Jesse's comment belies support

Logo for The Daily Journal newspaper of Kankakee, Illinois - which carries Ron Jackson's editorial columns every Sunday


Obama doesn't need 'friends' like Jackson
     Like an old quarterback past his marginal prime, the Rev. Jesse Jackson needs to fade away.  Fast.  His latest slip of the mostly unintelligible lip confirms his inability to realize there is a new “Somebothay” in town.
     For the second time in less than a year, Jackson has made disparaging remarks with racial overtones about Barack Obama.  Last September, Jackson accused Obama of “acting like he’s white” because Obama refused to join the Jena Six circus.  His latest remark is more disgraceful than that.  His sort of apology is even worse.
     Unaware that his microphone was still activated, Jackson was recorded voicing his displeasure with Obama for talking down to black people and churches.  Taking exception to Obama’s charge that blacks should assume more personal responsibility, Jackson was recorded saying he wanted to cut off the senator’s private parts.
     Everyone has a right to disagree with political agendas.  As part of our democratic process, we are also allowed to criticize our government; but to make even rhetorical threats of violence is shameful and should be illegal.  In the “hood,” or black community, what Jackson does is called the crab syndrome.  This is how it works.  If you resent a black person struggling but succeeding in climbing out of the bucket, reach up and pull him or her back down.  Jackson ’s resentment of Obama’s success is evident.
     Obama has gone where no black man has gone before.  Obama is living Jesse Jackson’s fantasy, and he is doing it without Jackson’s tutelage.  Unfortunately, it was the death of Dr. Martin Luther King Jr. that paved the way for Jackson to achieve notoriety.

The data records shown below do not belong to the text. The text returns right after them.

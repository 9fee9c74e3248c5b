//! Faults of an instruction.
ghost use Rattle.std.specs.Prelude.{◌≡◌, ◌<◌, ◌≤◌, ◌&&◌};
ghost use Rattle.asc_model.specs.Shape.{holds};
ghost use Rattle.asc_model.specs.Step.{is_aligned};
ghost use Rattle.asc_step.specs.Execute.{word_fault};

use crate::Stepped;
use asc_model::{Fault, FaultKind};
use asc_shape::Shape;

/// A fault of the instruction at this pc.
#[inline(always)]
pub(crate) fn fault(kind: FaultKind, pc: u32, value: u32) -> Stepped
    ensures { result ≡ Stepped.Faulted (record { kind = kind; pc = pc; value = value }) }
{
    Stepped::Faulted(Fault { kind, pc, value })
}

/// Whether an address is a multiple of 4.
#[inline(always)]
pub(crate) fn is_aligned(address: u32) -> bool
    ensures { result ≡ is_aligned address }
{
    address.is_multiple_of(4)
}

/// Whether the word at an address is aligned and in memory.
#[inline(always)]
fn is_reached(shape: Shape, address: u32) -> bool
    ensures { result ≡ is_aligned address && holds shape address 4 }
{
    let offset = address.wrapping_sub(shape.base());
    // One test for both, since memory begins at a multiple of 4. The two lowest bits of the offset come to stand on top,
    // where they make the number greater than any count of words.
    (offset >> 2) + (offset << 30) < shape.size() / 4
}

/// Whether the `n` bytes from an address on are all in memory, for `n` from 1 to 4.
#[inline(always)]
pub(crate) fn holds(shape: Shape, address: u32, n: u32) -> bool
    requires some { 0 < n }
    requires n { n ≤ 4 }
    ensures { result ≡ holds shape address n }
{
    address.wrapping_sub(shape.base()) <= shape.size() - n
}

/// Why the word at an address cannot be reached. Its alignment is tested first, and then whether it is in memory.
#[inline(always)]
pub(crate) fn word_fault(
    shape: Shape,
    address: u32,
    misaligned: FaultKind,
    outside: FaultKind,
) -> Option<FaultKind>
    ensures { result ≡ word_fault shape address misaligned outside }
{
    if is_reached(shape, address) {
        return None;
    }
    Some(if is_aligned(address) {
        outside
    } else {
        misaligned
    })
}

     Fortunately, it is someone like Obama who is paving over his divisive influence.  Obama is empowering and influencing a younger, less bitter, more enlightened generation.  Jesse and his longtime, over-60, resentful, payback mentality worshippers are past their prime.  Their outdated tactics of threats of boycotts and buyouts to avoid being labeled a racist are useless.  Somehow they missed the memo that America has changed and so has its headliners.
     As part of his apology, which was not really an apology, Jackson said his issue with Obama was that he was not holding the government and its policies accountable for the problems of the black community.  That old woe-is-black-me-let-the government-fix-it ideology is what doomed Jackson’s political aspirations.  Jackson failed because he has always made race a national issue; Obama is succeeding because he refuses to make race an issue.
     Say what you will about Barack’s quasi-socialist agenda, but he has never succumbed to the rhetoric that our government is responsible for the plight of black Americans.  To his credit and fault, his message has been too much universal government support of every American demographic.
     I respect how Obama handled the Jackson issue.  If given the chance to advise him, though, I would suggest that before he requires Americans to learn Spanish, he should make sure we all speak English.  And start with Jesse Jackson.
     Jackson said he is sorry “for any hurt or harm that this hot microphone private conversation may have caused.”
     He added, “My support for Senator Obama’s campaign is wide and deep, and unequivocal.”  With that type of support, Obama doesn’t need enemies.
     This kind of public stupidity, especially from someone who has enjoyed and benefited from public persona, is baffling.  Certainly makes one wonder.  What if Don Imus or any white man had whisperingly wished to “de-man” Obama?  Would he have been allowed to use the “hot microphone” or “it was meant to be private” excuse?  And why hasn’t Al Sharpton demanded Jesse Jackson be fired?